PNNL

Abstract

The Southern Ocean has absorbed most of the excess heat associated with anthropogenic greenhouse gas emissions. Since Southern Ocean observations are sparse in certain regions and seasons, much of our knowledge of ocean heat uptake is based on climate model simulations. However, climate models still inadequately represent some properties of Southern Ocean clouds, and they have not identified the mechanisms by which clouds may affect SOHU. Here we use the ERA5 and JRA-55 reanalyses to assess the influence of clouds and other atmospheric processes on SOHU over the past 42 years. We find that years with the highest SOHU between 45-65°S are dominated by ocean heat uptake anomalies during winter and spring, but not during summer or fall. Winter and spring cloud cover are up to 7% higher when SOHU is up to 5.5 W/m2 higher than the seasonal mean, with the largest increases in the South Pacific Ocean. Clouds are also optically thicker.

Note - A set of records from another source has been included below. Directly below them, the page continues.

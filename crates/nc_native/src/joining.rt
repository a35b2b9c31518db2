ghost use Rattle.std.specs.Prelude.{◌≡◌, ◌≤◌, length, take, IfOk};
ghost use Rattle.std.specs.List.{concat};
ghost use Rattle.nc_native.specs.Native.{natives_of};

use crate::Natives;
use nc_name::{Blob, Memory};
use std::alloc::Global;

/// The first `len` bytes of the natives side by side.
pub fn join(alloc: Global, natives: &Natives, len: u64) -> Result<Blob, Memory>
    requires { len ≤ length (concat natives.now) }
    ensures { IfOk result (λ blob. blob ≡ take len (concat natives.now)) }
{
    let wanted = len as usize;
    let Ok(mut bytes) = Vec::with_capacity(alloc, wanted) else {
        return Err(Memory);
    };
    for native in natives.items() {
        let room = wanted - bytes.len();
        let (front, _) = native.bytes().split_at(room.min(native.bytes().len()));
        if bytes.extend_from_slice(front).is_err() {
            return Err(Memory);
        }
    }
    Ok(Blob::from_vec(bytes))
}

/// What a file was cut into has at least its length, and joined to that length it is the file.
pub fn joins(v: &[u8], width: u8)
    requires wide { 4 ≤ width }
    requires narrow { width ≤ 10 }
    ensures fits { length v.now ≤ length (concat (natives_of v.now width)) }
    ensures whole { take (length v.now) (concat (natives_of v.now width)) ≡ v.now }
{}
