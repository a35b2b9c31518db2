//! What must stand on the clouds of a scene.

use crate::clouds::{are_same, count, object};
use crate::ending::check_bytes;
use crate::player::Stage;
use crate::value::{bytes_of, piece_bytes};
use nc_frame::seal;
use nc_memory::MemFleet;
use nc_name::{Key, read_key};
use nc_stream::{MemSource, Source};
use sha2::{Digest, Sha256};
use std::test::Fail;

impl Stage {
    /// Looks at what these words say must stand on the clouds, and tells whether they say that.
    pub fn stands(&self, words: &[&str]) -> Result<bool, Fail> {
        match *words {
            ["unchanged"] => check_same(&self.before, &self.clouds, &self.keys)?,
            ["objects", wanted] => check_number(count(&self.clouds, &self.keys), wanted)?,
            ["size", cloud, key, wanted] => {
                check_number(object(&self.clouds, cloud.parse()?, key)?.len(), wanted)?;
            }
            ["gets", "of", "chunks", ref wanted @ ..] => self.check_gets(wanted)?,
            ["rounds", "of", ref wanted @ ..] => self.check_rounds(wanted)?,
            ["digest", cloud, key, wanted] => {
                let found = Sha256::digest(object(&self.clouds, cloud.parse()?, key)?);
                check_bytes(&found, hex::decode(self.alloc, wanted)?.as_slice())?;
            }
            ["part", key, at, ref pieces @ ..] => {
                let wanted = bytes_of(self.alloc, pieces)?;
                self.check_parts(key, at.parse()?, wanted.as_slice())?;
            }
            ["payloads", key, ref payloads @ ..] => self.check_payloads(key, payloads)?,
            ["holds", cloud, ref keys @ ..] => self.check_holds(cloud.parse()?, keys)?,
            ["each", "holds", ref keys @ ..] => {
                for cloud in 0..self.width() {
                    self.check_holds(cloud, keys)?;
                }
            }
            _ => return Ok(false),
        }
        Ok(true)
    }

    fn check_gets(&self, wanted: &[&str]) -> Result<(), Fail> {
        for (cloud, wanted) in (0_u8..255).zip(wanted) {
            if self.clouds.gets(cloud) != wanted.parse()? {
                return Err(Fail::new(format_args!("another count of gets of cloud {cloud}")));
            }
        }
        Ok(())
    }

    /// The last run had so many rounds as numbers stand here, and each had so many entries.
    fn check_rounds(&self, wanted: &[&str]) -> Result<(), Fail> {
        let rounds = self.clouds.rounds();
        if rounds != wanted.len() as u64 {
            return Err(Fail::new(format_args!("there were {rounds} rounds")));
        }
        for (round, wanted) in (0..rounds).zip(wanted) {
            check_number(self.clouds.entries(round), wanted)?;
        }
        Ok(())
    }

    /// On each cloud the object has these bytes from here on.
    fn check_parts(&self, text: &str, at: usize, wanted: &[u8]) -> Result<(), Fail> {
        for cloud in 0..self.width() {
            let object = object(&self.clouds, cloud, text)?;
            let (_, rest) = object.split_at(at.min(object.len()));
            let (part, _) = rest.split_at(wanted.len().min(rest.len()));
            check_bytes(part, wanted)?;
        }
        Ok(())
    }

    /// The cloud has objects under exactly these keys.
    fn check_holds(&self, cloud: u8, texts: &[&str]) -> Result<(), Fail> {
        for text in texts {
            object(&self.clouds, cloud, text)?;
        }
        let mut found = 0_usize;
        for key in &self.keys {
            if self.clouds.object(cloud, key).is_some() {
                found = found.saturating_add(1);
            }
        }
        if found == texts.len() {
            Ok(())
        } else {
            Err(Fail::new(format_args!("cloud {cloud} has {found} objects")))
        }
    }

    /// On each of the first clouds the object is the frame of its payload here.
    fn check_payloads(&self, text: &str, payloads: &[&str]) -> Result<(), Fail> {
        let key = read_key(text).ok_or("no key")?;
        for (cloud, payload) in (0_u8..255).zip(payloads) {
            let payload = piece_bytes(self.alloc, payload)?;
            let frame = seal(self.alloc, cloud, self.width(), &key, payload.as_slice())?;
            check_bytes(object(&self.clouds, cloud, text)?, frame.bytes())?;
        }
        Ok(())
    }
}

pub fn check_number(found: usize, wanted: &str) -> Result<(), Fail> {
    if found == wanted.parse()? {
        Ok(())
    } else {
        Err(Fail::new(format_args!("there are {found}")))
    }
}

pub fn check_same(before: &MemFleet, after: &MemFleet, keys: &[Key]) -> Result<(), Fail> {
    if are_same(before, after, keys) {
        Ok(())
    } else {
        Err(Fail::new("an object changed"))
    }
}

/// The input is "abc", and none of it was read.
pub fn check_unread(input: &mut MemSource) -> Result<(), Fail> {
    let mut left = [0; 8];
    match input.read(&mut left) {
        Ok(3) => check_bytes(&left, b"abc\0\0\0\0\0"),
        _ => Err(Fail::new("the input was read")),
    }
}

These changes in cloud properties increases downwelling longwave radiation, amplifying ocean heat uptake. Cloud changes also increase heat uptake by maintaining a stable lower atmosphere, which suppresses turbulent heat fluxes out of the surface. Overall, we find that SOHU is likely not mediated by enhanced surface shortwave absorption over the observational time period. A better understanding of how atmospheric processes impact ocean heat uptake may help improve our understanding of ocean heat uptake mechanisms in the current generation of climate models.